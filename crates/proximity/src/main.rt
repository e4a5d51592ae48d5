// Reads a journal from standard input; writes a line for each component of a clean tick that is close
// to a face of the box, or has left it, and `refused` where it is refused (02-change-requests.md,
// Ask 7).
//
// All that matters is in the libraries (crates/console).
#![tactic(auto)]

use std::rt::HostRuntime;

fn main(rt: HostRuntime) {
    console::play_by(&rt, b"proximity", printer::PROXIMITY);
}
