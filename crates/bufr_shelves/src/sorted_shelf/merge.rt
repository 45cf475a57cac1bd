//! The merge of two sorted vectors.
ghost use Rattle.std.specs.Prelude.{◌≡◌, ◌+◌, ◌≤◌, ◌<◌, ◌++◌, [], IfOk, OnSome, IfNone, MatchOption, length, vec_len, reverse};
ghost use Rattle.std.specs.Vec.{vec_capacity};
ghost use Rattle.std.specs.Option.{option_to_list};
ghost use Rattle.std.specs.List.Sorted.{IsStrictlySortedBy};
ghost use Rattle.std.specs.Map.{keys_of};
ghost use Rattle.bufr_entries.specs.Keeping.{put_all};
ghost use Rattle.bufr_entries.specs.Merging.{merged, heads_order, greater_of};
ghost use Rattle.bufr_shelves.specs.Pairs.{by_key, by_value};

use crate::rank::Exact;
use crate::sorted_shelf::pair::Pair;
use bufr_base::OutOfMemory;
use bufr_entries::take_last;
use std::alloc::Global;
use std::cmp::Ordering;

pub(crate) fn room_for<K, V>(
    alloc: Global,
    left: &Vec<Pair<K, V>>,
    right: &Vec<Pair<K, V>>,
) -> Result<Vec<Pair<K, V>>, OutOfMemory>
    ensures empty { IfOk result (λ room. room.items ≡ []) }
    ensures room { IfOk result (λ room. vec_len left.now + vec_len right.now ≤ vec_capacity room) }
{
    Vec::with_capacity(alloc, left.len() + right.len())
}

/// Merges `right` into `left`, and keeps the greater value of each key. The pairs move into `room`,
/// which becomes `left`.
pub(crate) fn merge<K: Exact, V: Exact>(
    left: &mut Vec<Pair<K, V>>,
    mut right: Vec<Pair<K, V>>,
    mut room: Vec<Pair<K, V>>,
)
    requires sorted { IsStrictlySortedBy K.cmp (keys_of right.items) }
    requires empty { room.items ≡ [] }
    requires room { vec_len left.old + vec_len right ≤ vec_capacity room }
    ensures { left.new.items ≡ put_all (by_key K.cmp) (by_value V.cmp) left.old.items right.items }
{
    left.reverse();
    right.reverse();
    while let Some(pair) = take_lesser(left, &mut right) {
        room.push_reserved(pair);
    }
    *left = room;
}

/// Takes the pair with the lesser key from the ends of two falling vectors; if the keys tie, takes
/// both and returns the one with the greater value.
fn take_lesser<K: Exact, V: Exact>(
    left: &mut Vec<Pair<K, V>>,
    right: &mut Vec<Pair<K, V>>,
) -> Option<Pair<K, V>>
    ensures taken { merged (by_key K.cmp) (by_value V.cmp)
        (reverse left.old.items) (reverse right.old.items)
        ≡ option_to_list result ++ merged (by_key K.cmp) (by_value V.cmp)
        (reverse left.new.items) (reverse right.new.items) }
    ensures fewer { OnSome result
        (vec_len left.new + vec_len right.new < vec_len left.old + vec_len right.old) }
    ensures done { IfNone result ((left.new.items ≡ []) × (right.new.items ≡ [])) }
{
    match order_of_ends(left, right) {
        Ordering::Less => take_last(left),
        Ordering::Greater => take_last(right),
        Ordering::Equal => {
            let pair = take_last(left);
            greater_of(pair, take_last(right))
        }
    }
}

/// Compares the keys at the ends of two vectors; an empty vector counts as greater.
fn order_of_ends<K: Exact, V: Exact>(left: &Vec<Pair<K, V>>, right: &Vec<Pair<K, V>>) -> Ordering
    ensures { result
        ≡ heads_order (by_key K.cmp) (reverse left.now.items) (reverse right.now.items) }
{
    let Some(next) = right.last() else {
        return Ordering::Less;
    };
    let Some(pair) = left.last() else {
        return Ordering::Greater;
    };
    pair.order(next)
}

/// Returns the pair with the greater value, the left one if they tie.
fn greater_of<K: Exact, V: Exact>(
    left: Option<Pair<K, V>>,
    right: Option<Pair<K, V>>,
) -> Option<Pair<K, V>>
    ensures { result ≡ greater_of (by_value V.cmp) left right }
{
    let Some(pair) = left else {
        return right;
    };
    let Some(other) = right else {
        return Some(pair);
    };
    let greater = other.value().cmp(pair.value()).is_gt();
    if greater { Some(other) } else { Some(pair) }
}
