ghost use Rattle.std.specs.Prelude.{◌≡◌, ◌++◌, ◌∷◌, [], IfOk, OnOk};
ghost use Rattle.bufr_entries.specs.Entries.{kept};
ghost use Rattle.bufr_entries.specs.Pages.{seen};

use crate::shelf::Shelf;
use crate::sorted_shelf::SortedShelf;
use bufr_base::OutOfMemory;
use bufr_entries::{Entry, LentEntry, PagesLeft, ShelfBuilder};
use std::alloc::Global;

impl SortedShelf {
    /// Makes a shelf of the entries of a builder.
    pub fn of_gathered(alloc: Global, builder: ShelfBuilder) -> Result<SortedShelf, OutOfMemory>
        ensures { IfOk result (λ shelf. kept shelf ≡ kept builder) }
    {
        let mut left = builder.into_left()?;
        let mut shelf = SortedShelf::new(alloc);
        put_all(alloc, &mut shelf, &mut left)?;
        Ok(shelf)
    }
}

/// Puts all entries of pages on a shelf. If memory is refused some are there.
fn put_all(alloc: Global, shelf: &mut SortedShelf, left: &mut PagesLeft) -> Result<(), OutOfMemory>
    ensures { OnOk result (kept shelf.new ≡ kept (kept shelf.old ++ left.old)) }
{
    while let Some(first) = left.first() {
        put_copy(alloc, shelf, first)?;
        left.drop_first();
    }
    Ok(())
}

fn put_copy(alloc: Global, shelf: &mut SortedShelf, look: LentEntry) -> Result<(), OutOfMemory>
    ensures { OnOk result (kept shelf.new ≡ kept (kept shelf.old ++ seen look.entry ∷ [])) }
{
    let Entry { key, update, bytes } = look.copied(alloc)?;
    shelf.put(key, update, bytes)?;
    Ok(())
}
--
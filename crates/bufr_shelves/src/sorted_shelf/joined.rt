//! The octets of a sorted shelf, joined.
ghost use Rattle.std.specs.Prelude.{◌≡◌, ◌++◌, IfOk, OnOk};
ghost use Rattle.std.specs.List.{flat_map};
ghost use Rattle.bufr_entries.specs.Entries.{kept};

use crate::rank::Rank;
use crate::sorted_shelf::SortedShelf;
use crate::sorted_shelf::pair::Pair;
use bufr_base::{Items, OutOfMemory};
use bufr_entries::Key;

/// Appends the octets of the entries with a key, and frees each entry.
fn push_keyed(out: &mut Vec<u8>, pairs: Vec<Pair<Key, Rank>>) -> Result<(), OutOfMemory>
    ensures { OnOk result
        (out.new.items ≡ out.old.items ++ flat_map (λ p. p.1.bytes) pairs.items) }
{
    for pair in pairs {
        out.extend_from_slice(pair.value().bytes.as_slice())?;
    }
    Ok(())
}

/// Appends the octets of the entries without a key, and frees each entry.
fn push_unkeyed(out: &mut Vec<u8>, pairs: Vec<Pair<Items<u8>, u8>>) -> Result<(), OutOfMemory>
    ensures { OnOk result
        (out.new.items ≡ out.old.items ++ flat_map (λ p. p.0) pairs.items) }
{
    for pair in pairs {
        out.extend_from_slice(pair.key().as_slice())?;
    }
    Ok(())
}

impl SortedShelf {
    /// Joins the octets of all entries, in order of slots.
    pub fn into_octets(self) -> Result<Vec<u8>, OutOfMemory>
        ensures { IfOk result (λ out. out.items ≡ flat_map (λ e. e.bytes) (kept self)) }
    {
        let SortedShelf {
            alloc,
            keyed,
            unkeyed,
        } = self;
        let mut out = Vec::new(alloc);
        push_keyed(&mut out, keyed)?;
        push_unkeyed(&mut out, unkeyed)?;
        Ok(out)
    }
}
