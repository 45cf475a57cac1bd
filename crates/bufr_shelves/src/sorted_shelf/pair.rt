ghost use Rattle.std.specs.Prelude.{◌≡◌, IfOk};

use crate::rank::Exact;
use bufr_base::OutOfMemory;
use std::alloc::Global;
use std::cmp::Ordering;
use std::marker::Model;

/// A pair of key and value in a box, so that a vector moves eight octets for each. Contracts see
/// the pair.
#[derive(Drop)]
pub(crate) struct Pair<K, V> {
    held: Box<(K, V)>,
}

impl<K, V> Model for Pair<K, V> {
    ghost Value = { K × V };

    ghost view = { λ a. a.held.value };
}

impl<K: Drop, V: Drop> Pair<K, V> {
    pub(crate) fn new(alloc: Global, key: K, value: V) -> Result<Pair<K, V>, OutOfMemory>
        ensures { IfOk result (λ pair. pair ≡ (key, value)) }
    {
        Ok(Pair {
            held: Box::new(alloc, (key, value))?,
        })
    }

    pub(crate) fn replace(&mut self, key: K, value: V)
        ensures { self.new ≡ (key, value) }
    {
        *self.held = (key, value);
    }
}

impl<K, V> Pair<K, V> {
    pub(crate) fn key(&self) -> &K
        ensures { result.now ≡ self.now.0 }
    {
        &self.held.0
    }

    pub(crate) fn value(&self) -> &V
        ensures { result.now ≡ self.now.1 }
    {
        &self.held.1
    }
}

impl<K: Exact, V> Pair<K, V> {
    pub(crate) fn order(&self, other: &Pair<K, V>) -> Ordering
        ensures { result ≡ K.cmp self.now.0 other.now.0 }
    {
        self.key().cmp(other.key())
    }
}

WHAT TO WORK ON. Using only the listing above, restate exactly the lines from the line containing "push_keyed(&mut out, keyed)?;" through the line containing "pub(crate) fn new(alloc: Global, key: K, value: V)", both included.

YOUR RESPONSE.
        push_keyed(&mut out, keyed)?;
        push_unkeyed(&mut out, unkeyed)?;
        Ok(out)
    }
}
repository 45cf475a57cac1bd
filename crates/bufr_shelves/src/sorted_shelf/pair.rt
ghost use Rattle.std.specs.Prelude.{◌≡◌, IfOk};

use crate::rank::Exact;
use bufr_base::OutOfMemory;
use std::alloc::Global;
use std::cmp::Ordering;
use std::marker::Model;

/// A pair of key and value in a box, so that a vector moves eight octets for each. Contracts see
/// the pair.
#[derive(Drop)]
pub(crate) struct Pair<K, V> {
    held: Box<(K, V)>,
}

impl<K, V> Model for Pair<K, V> {
    ghost Value = { K × V };

    ghost view = { λ a. a.held.value };
}

impl<K: Drop, V: Drop> Pair<K, V> {
    pub(crate) fn new(alloc: Global, key: K, value: V) -> Result<Pair<K, V>, OutOfMemory>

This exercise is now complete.